Entwicklung eines Ersatzes für Palmöl: Im Labor bereits gelungen
Vier Jungwissenschaftler der Technischen Universität Hamburg haben entdeckt, wie man Palmöl ohne Naturzerstörung herstellt.
Ihr Ziel ist hoch gesteckt: Eine Alternative zu Palmöl marktreif zu machen. Die Basis sind agrarwirtschaftliche und industrielle Abfallprodukte – im Versuchsstadium kommt Melasse zum Einsatz, ein Nebenerzeugnis der Zuckerproduktion aus Rüben. Dann gehen Hefen ans Werk. Am Ende entstehen Lipide, die pflanzlichen Ölen ähneln und auch Palmöl imitieren können. Im Labormaßstab funktioniert das schon.
Da die Natur nicht vorhersehbar ist, ist hier Experimentierfreude gefragt, vom Schüttelkolben bis zum 100-Liter-Fermenter. Der steht im Untergeschoss ihres Labors, das geprägt ist von Rührern und Pumpen, in dem Zuckerlösung und Nährsalz zum Einsatz kommen, in dem pH-Wert und Temperatur über Erfolg oder Misserfolg mitentscheiden. Versuch, Prozessparameter ändern, wiederholen, optimieren …
Arbter, Webers, Heuer und Utesch sind Hoffnungsträger. Knapp 75 Millionen Tonnen Palmöl werden jährlich weltweit produziert, meist auf Monokultur-Plantagen, denen bereits Millionen Hektar Regenwald zum Opfer gefallen sind. Oft wurden Indigene dafür ihres Landes beraubt, stets ging Biodiversität verloren. Palmöl ist überall: Im Tank unserer Dieselautos, in Nussnougatcreme und Seife, in Fertigpizza und Margarine. Das könnte sich durch Colipi ändern.

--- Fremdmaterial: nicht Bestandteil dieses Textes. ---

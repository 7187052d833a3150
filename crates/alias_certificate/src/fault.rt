//! Why a certificate isn't accepted.

use alias_base::{BlockId, FunctionId};
use alias_hir::error::{Counter, InferError};
use std::alloc::{AllocError, AllocFailed};

/// Why a certificate isn't accepted. Functions are those of the unit; `None` is the root.
#[derive(Drop)]
pub enum CheckFault {
    /// The function at this position of the certificate, from 0, is missing, is another, or is one too many.
    Functions {
        position: usize,
    },
    /// Its block lines aren't its reached blocks in stored order.
    Blocks {
        function: Option<FunctionId>,
    },
    /// What is said of the block names what isn't there, or a set without sites, or a site without a value.
    State {
        function: Option<FunctionId>,
        block: BlockId,
    },
    /// A key stands twice or names what isn't there, or the identifiers aren't the next new numbers in order.
    Temporaries {
        function: Option<FunctionId>,
    },
    /// The initial state isn't below the entry's.
    Initial {
        function: Option<FunctionId>,
    },
    /// The step of the block is refused.
    Step {
        function: Option<FunctionId>,
        block: BlockId,
        cause: InferError,
    },
    /// The step of the block made a temporary that the certificate hasn't.
    MissingTemporary {
        function: Option<FunctionId>,
        block: BlockId,
    },
    /// The effects that the step of the block records aren't those that are claimed.
    Effects {
        function: Option<FunctionId>,
        block: BlockId,
    },
    /// The out state of the block isn't below the entry state of the successor.
    NotBelow {
        function: Option<FunctionId>,
        block: BlockId,
        successor: BlockId,
    },
    /// The function is forward, and the entry state of the block isn't the join of what arrives.
    NotJoin {
        function: Option<FunctionId>,
        block: BlockId,
    },
    /// The summary isn't the one that is claimed.
    Summary {
        function: Option<FunctionId>,
    },
    /// All numbers are taken.
    TooMany {
        which: Counter,
    },
    /// Out of memory, which can come at any growth.
    Memory(AllocError),
}

impl From<AllocError> for CheckFault {
    ghost use Rattle.std.specs.Prelude.{◌≡◌};
    ghost use Rattle.alias_certificate.specs.declared.fault.CheckFault.TheVariants.{Memory};

    ghost from_gives = { λ e r. r ≡ Memory e };

    fn from(e: AllocError) -> CheckFault {
        CheckFault::Memory(e)
    }
}

impl<T: Drop> From<AllocFailed<T>> for CheckFault {
    ghost use Rattle.std.specs.Prelude.{◌≡◌, alloc_error};
    ghost use Rattle.alias_certificate.specs.declared.fault.CheckFault.TheVariants.{Memory};

    ghost from_gives = { λ _ r. r ≡ Memory alloc_error };

    fn from(_e: AllocFailed<T>) -> CheckFault {
        CheckFault::Memory(AllocError)
    }
}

Ölbildende Hefe ist nichts Neues. Bisher diente sie vorrangig dem Biokraftstoff. Auch Arbter hat für seinen Bachelor daran geforscht, vor Jahren, in den USA, da war er schon mit Webers befreundet – es war die Geburtsstunde ihrer Idee. An der TUHH kamen dann Heuer und Utesch dazu – drei Doktorarbeiten entstanden, beim selben Doktorvater.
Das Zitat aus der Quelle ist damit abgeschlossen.